CLI reference

whatif --help

Commands

Command

Purpose

whatif fork

Fork production traces, replay with a proposed change, score, emit verdict.

whatif report

Re-render an existing JSON report as Markdown (without re-running).

whatif explain <trace-id>

Deep-dive a single trace from the last run-full diff, judge rationale, replay span tree.

whatif --version

Print version and exit.

whatif --help

Print top-level help.

whatif fork

The main verb. Ingests traces, replays, scores, emits report.

Required flags

Flag

Description

Example

- -source`

Tracer to ingest from.

langfuse

- -target`

Path to the user-supplied runner.

"python:my_agent.replay:run"

- -change`

The proposed change to apply.

"system_prompt=prompts/v3.txt"

- -score`

Scorer specification.

"inspect_ai:faithfulness"

Selection flags

Flag

Description

Default

- -failures`

Failure-cohort selector.

required (or - -config`)

- -baseline`

Baseline-cohort selector.

recommended; warning if omitted

- -mode`

failures_plus_baseline (default) or failures_only.

failures_plus_baseline

Selector grammar:

"score-below:0.6,since:24h,limit:20"
"score-above:0.8,since:24h,limit:20,sample:random,seed:42"
"tag:incident-triage,limit:50"

Replay flags

Flag

Description

Default

- -tool-cache`

use-original (v0.1), live (v0.3, opt-in), mock (v0.3+).

use-original

- -tool-allowlist`

When - -tool-cache live`, comma-separated list of tools allowed to call live.

empty

Output flags

Flag

Description

Default

- -report`

Path for the Markdown report.

./reports/whatif-<timestamp>.md

- -json`

Path for the machine-readable JSON report.

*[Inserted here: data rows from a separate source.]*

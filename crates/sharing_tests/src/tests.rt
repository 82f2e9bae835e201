use sharing::{
    Claim, Draw, LargestRemainder, Proportional, RecordedDraw, Refusal, SharingRule, StrideDraw,
    TimeOrder,
};
use std::test::Fail;

// The number of an answer: 0 where the call is accepted.
fn code<T: Drop>(answer: Result<T, Refusal>) -> u8 {
    match answer {
        Ok(_) => 0,
        Err(refusal) => refusal.number(),
    }
}

const CLAIMS: [Claim; 3] = [
    Claim { number: 1, lots: 4 },
    Claim { number: 2, lots: 1 },
    Claim { number: 3, lots: 1 },
];

#[test]
fn stride_and_shift_are_judged(rt: HostRuntime) {
    assert_eq!(rt; code(StrideDraw::new(511, 511)), 0);
    assert_eq!(rt; code(StrideDraw::new(2, 0)), 19);
    assert_eq!(rt; code(StrideDraw::new(513, 0)), 19);
    assert_eq!(rt; code(StrideDraw::new(1, 512)), 19);
}

#[test]
fn ranks_are_judged(rt: HostRuntime) {
    assert_eq!(rt; code(RecordedDraw::check(&[0; 511])), 17);
    assert_eq!(rt; code(RecordedDraw::check(&[0; 513])), 17);
    assert_eq!(rt; code(RecordedDraw::check(&[0; 512])), 18);
    let mut plain = RecordedDraw::new(&[0; 512]);
    assert_eq!(rt; plain.rank(7), 7);
    assert_eq!(rt; plain.rank(600), 511);
}

#[test]
fn claims_are_judged(rt: HostRuntime) {
    let mut shares = [9; 2];
    let mut rule = TimeOrder;
    assert_eq!(rt; code(rule.share(&CLAIMS, 3, &mut shares)), 16);
    let twice = [Claim { number: 5, lots: 1 }; 2];
    assert_eq!(rt; code(rule.share(&twice, 3, &mut shares)), 16);
    let over = [
        Claim {
            number: 512,
            lots: 1,
        },
        Claim { number: 0, lots: 1 },
    ];
    assert_eq!(rt; code(rule.share(&over, 3, &mut shares)), 16);
    let none = [Claim { number: 1, lots: 0 }, Claim { number: 0, lots: 1 }];
    assert_eq!(rt; code(rule.share(&none, 3, &mut shares)), 16);
    assert_eq!(rt; shares, [9; 2]);
}

#[test]
fn shares_by_each_rule(rt: HostRuntime) -> Result<(), Fail> {
    let mut shares = [0; 3];
    let mut proportional = Proportional::new(StrideDraw::new(509, 0)?);
    assert_eq!(rt; code(proportional.share(&CLAIMS, 3, &mut shares)), 0);
    assert_eq!(rt; shares, [2, 0, 1]);
    let mut remainder = LargestRemainder::new(proportional.into_draw());
    assert_eq!(rt; code(remainder.share(&CLAIMS, 3, &mut shares)), 0);
    assert_eq!(rt; shares, [2, 0, 1]);
    let mut time = TimeOrder;
    assert_eq!(rt; code(time.share(&CLAIMS, 5, &mut shares)), 0);
    assert_eq!(rt; shares, [4, 1, 0]);
    Ok(())
}
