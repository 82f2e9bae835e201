// Examples of the sharing rules and draws, run as tests.
#![tactic(auto)]

#[cfg(test)]
mod tests;
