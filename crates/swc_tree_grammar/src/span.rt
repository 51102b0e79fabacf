//! Where a node stands in its source text.
ghost use Rattle.std.specs.Prelude.{◌≡◌, ◌<◌, length, IfSome};
ghost use Rattle.swc_tree_grammar.specs.Blocks.{span_of as place_of};
ghost use Rattle.swc_tree_grammar.specs.Spans.{span_field as span_field_of};

use swc_tree_node::swc_tree_marks::{DUMMY_SP, Span};
use swc_tree_node::{Kind, Node};

// The field that says where a node stands, if it has fields.
fn span_field(kind: Kind, fields: &[Node]) -> Option<usize>
    ensures field { result ≡ span_field_of kind fields.now }
    ensures within { IfSome result (λ i. i < length fields.now) }
{
    match kind {
        Kind::FnExpr | Kind::ClassExpr if fields.len() == 2 => Some(1),
        _ if fields.is_empty() => None,
        _ => Some(0),
    }
}

/// Where a node stands in the source.
pub fn span_of(node: &Node) -> Span
    ensures { result ≡ place_of node.now }
{
    match node {
        Node::Span(span) => *span,
        Node::Identifier(_, ident) => ident.get().span,
        Node::Tree(kind, fields) => {
            let fields = fields.as_slice();
            match span_field(*kind, fields) {
                Some(index) => span_of(&fields[index]),
                None => DUMMY_SP,
            }
        }
        _ => DUMMY_SP,
    }
}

./reports/whatif-<timestamp>.json

- -quiet`

Suppress progress output (the report is still written).

false

Decision flags

Flag

Description

Default

- -fail-on-regression`

Exit 1 if the verdict is “Don’t Ship”.

true in v0.2+ via config; opt-in CLI flag in v0.1

- -regression-threshold`

Median score drop above which to fail.

0.1

Configuration mode (v0.2+)

whatif fork --config whatif.config.yaml --change system_prompt=prompts/v3.txt

When - -config is provided, all selection / replay / scoring / decision settings come from the YAML file. Only  - -change is supplied per-invocation. See the config reference.

Exit codes

Code

Meaning

0

Passed configured policy. Ship-grade.

1

Failed configured policy. Do not ship.

2

Inconclusive-setup, replay, or scoring failure.

whatif enforces your declared policy. Exit code 0 is not a safety certification; it means the run satisfied the policy you declared.

whatif report

Re-render a JSON report as Markdown. Useful for CI pipelines that want both formats but emit JSON first.

whatif report --json ./reports/run-1234.json --report ./reports/run-1234.md

whatif explain

Deep-dive a single trace from the most recent run.

whatif explain trace-id-abc123

Output: full diff, judge rationale, replay span tree, links back to the source tracer. Useful when the verdict report’s Evidence section flags a case as a regression and you want the underlying detail.